Mike Murchison, a consultant on behalf of local property owners, said landlords should not be forced to pay hefty permit fees before forcing tenants to move ahead of renovation or rehabilitation work. He said property owners should be given the opportunity to assess a unit after a tenant leaves to see how much work needs to be done before pulling a permit.

“We’re not trying to hide anything,” he said. “We’re just trying to say, ‘Give us a moment to digest this.’”

But the City Council, along with Mayor Robert Garcia, ultimately appeared unmoved by that argument.

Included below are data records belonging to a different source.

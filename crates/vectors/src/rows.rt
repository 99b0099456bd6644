use morpheus_top::morpheus;
use project_store::{MemorySink, MemoryStore};
use std::alloc::{AllocError, Global};
use std::test::Fail;
use text_edits::{Files, SourceFile};

const EXAMPLE: &str = "int x = 65;
#ifdef A
int y;
#endif
int main(void) { putchar(x); return 0; }
";

const RENAMED: &str = "int z = 65;
#ifdef A
int y;
#endif
int main(void) { putchar(z); return 0; }
";

/// A command `quick q.c x NEW out`, and what it answers.
#[derive(Clone, Copy, Debug)]
struct Row {
    new: &'static str,
    /// What stands in `q.c`, if it is there.
    content: Option<&'static str>,
    /// The number of the call on the store that fails, or 0. The first reads, the second writes.
    failing_store: u32,
    /// The number of the call on the sink that fails, or 0.
    failing_sink: u32,
    status: u8,
    printed: &'static str,
    /// What stands in `out/q.c` afterwards, if it is there.
    written: Option<&'static str>,
}

/// The first row: the example is renamed.
const RENAMES: Row = Row {
    new: "z",
    content: Some(EXAMPLE),
    failing_store: 0,
    failing_sink: 0,
    status: 0,
    printed: "renamed 2 tokens in 1 files\n",
    written: Some(RENAMED),
};

const EMPTY_FILE: Row = Row {
    new: "z",
    content: Some(""),
    failing_store: 0,
    failing_sink: 0,
    status: 12,
    printed: "not quick at 0\n",
    written: None,
};

const SAME_NAME: Row = Row {
    new: "x",
    content: Some(EXAMPLE),
    failing_store: 0,
    failing_sink: 0,
    status: 2,
    printed: "usage\n",
    written: None,
};

const NO_FILE: Row = Row {
    new: "z",
    content: None,
    failing_store: 0,
    failing_sink: 0,
    status: 3,
    printed: "read fault\n",
    written: None,
};

const READ_FAILS: Row = Row {
    new: "z",
    content: Some(EXAMPLE),
    failing_store: 1,
    failing_sink: 0,
    status: 3,
    printed: "read fault\n",
    written: None,
};

const WRITE_FAILS: Row = Row {
    new: "z",
    content: Some(EXAMPLE),
    failing_store: 2,
    failing_sink: 0,
    status: 4,
    printed: "write fault\n",
    written: None,
};

const SINK_FAILS: Row = Row {
    new: "z",
    content: Some(EXAMPLE),
    failing_store: 0,
    failing_sink: 1,
    status: 6,
    printed: "",
    written: Some(RENAMED),
};

const ROWS: [Row; 7] = [
    RENAMES,
    EMPTY_FILE,
    SAME_NAME,
    NO_FILE,
    READ_FAILS,
    WRITE_FAILS,
    SINK_FAILS,
];

/// Words of their own.
pub(crate) fn owned_words(alloc: Global, words: &[&str]) -> Result<Vec<String>, AllocError> {
    let mut owned = Vec::new(alloc);
    for word in words {
        owned.push(String::from_str(alloc, word)?)?;
    }
    Ok(owned)
}

/// The one file of a row, if it has one.
pub(crate) fn files_of(
    alloc: Global,
    name: &str,
    content: Option<&'static str>,
) -> Result<Files, AllocError> {
    let mut list = Vec::new(alloc);
    if let Some(content) = content {
        let name = String::from_str(alloc, name)?;
        let bytes = Vec::from_slice(alloc, content.as_bytes())?;
        list.push(SourceFile { name, bytes })?;
    }
    Ok(Files { list })
}

/// The numbers of the calls that fail.
pub(crate) fn failing(alloc: Global, number: u32) -> Result<Vec<u32>, AllocError> {
    let mut numbers = Vec::new(alloc);
    if number > 0 {
        numbers.push(number)?;
    }
    Ok(numbers)
}

/// What a row's command answered, and what of the rest is as wanted.
#[derive(Clone, Copy, Debug, PartialEq, Eq)]
struct Outcome {
    status: u8,
    is_printed: bool,
    is_written: bool,
    is_kept: bool,
}

/// Whether the store has these bytes under the name, or nothing where none are wanted.
pub(crate) fn holds(store: &MemoryStore, name: &str, wanted: Option<&'static str>) -> bool {
    match (store.get(name), wanted) {
        (Some(bytes), Some(text)) => bytes == text.as_bytes(),
        (None, None) => true,
        _ => false,
    }
}

/// Carries out a row's command.
fn carried_out(alloc: Global, row: &Row) -> Result<Outcome, AllocError> {
    let words = owned_words(alloc, &["quick", "q.c", "x", row.new, "out"])?;
    let files = files_of(alloc, "q.c", row.content)?;
    let mut store = MemoryStore::new(alloc, files, failing(alloc, row.failing_store)?);
    let mut out = MemorySink::new(alloc, failing(alloc, row.failing_sink)?);
    let status = morpheus(alloc, &words, &mut store, &mut out);
    Ok(Outcome {
        status,
        is_printed: out.bytes() == row.printed.as_bytes(),
        is_written: holds(&store, "out/q.c", row.written),
        is_kept: holds(&store, "q.c", row.content),
    })
}

#[test]
fn each_row_has_its_answer(rt: HostRuntime) -> Result<(), Fail> {
    for row in &ROWS {
        let wanted = Outcome {
            status: row.status,
            is_printed: true,
            is_written: true,
            is_kept: true,
        };
        assert_eq!(rt; carried_out(rt.alloc(), row)?, wanted);
    }
    Ok(())
}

The state law is clear, Garcia said, that permits must be pulled unless the necessary work involves the abatement of hazardous materials, such as mold or asbestos. (City staff said it would be hard to imagine a situation in which hazardous material abatement would not require a permit.)

“I don’t find this to be an overly burdensome proposal,” Garcia said. “I think, to me, it’s very common sense to me. It aligns with the spirit of what the state is trying to do.”

For Councilwoman Mary Zendejas, who brought the item to the council, it wasn’t hard to imagine herself in the shoes of some of the tenants who have been impacted by the loophole.

“I’m a renter myself, and I don’t have the first or second month’s rent and a deposit to be able to move in 60 days from where I am,” she said, “so if I’m not able to do that, I can understand how it would be a burden for these folks, as well.”

The item was passed as an emergency ban until Feb. 18, when the city attorney will come back to the City Council with a full ordinance to add the new requirements into local law.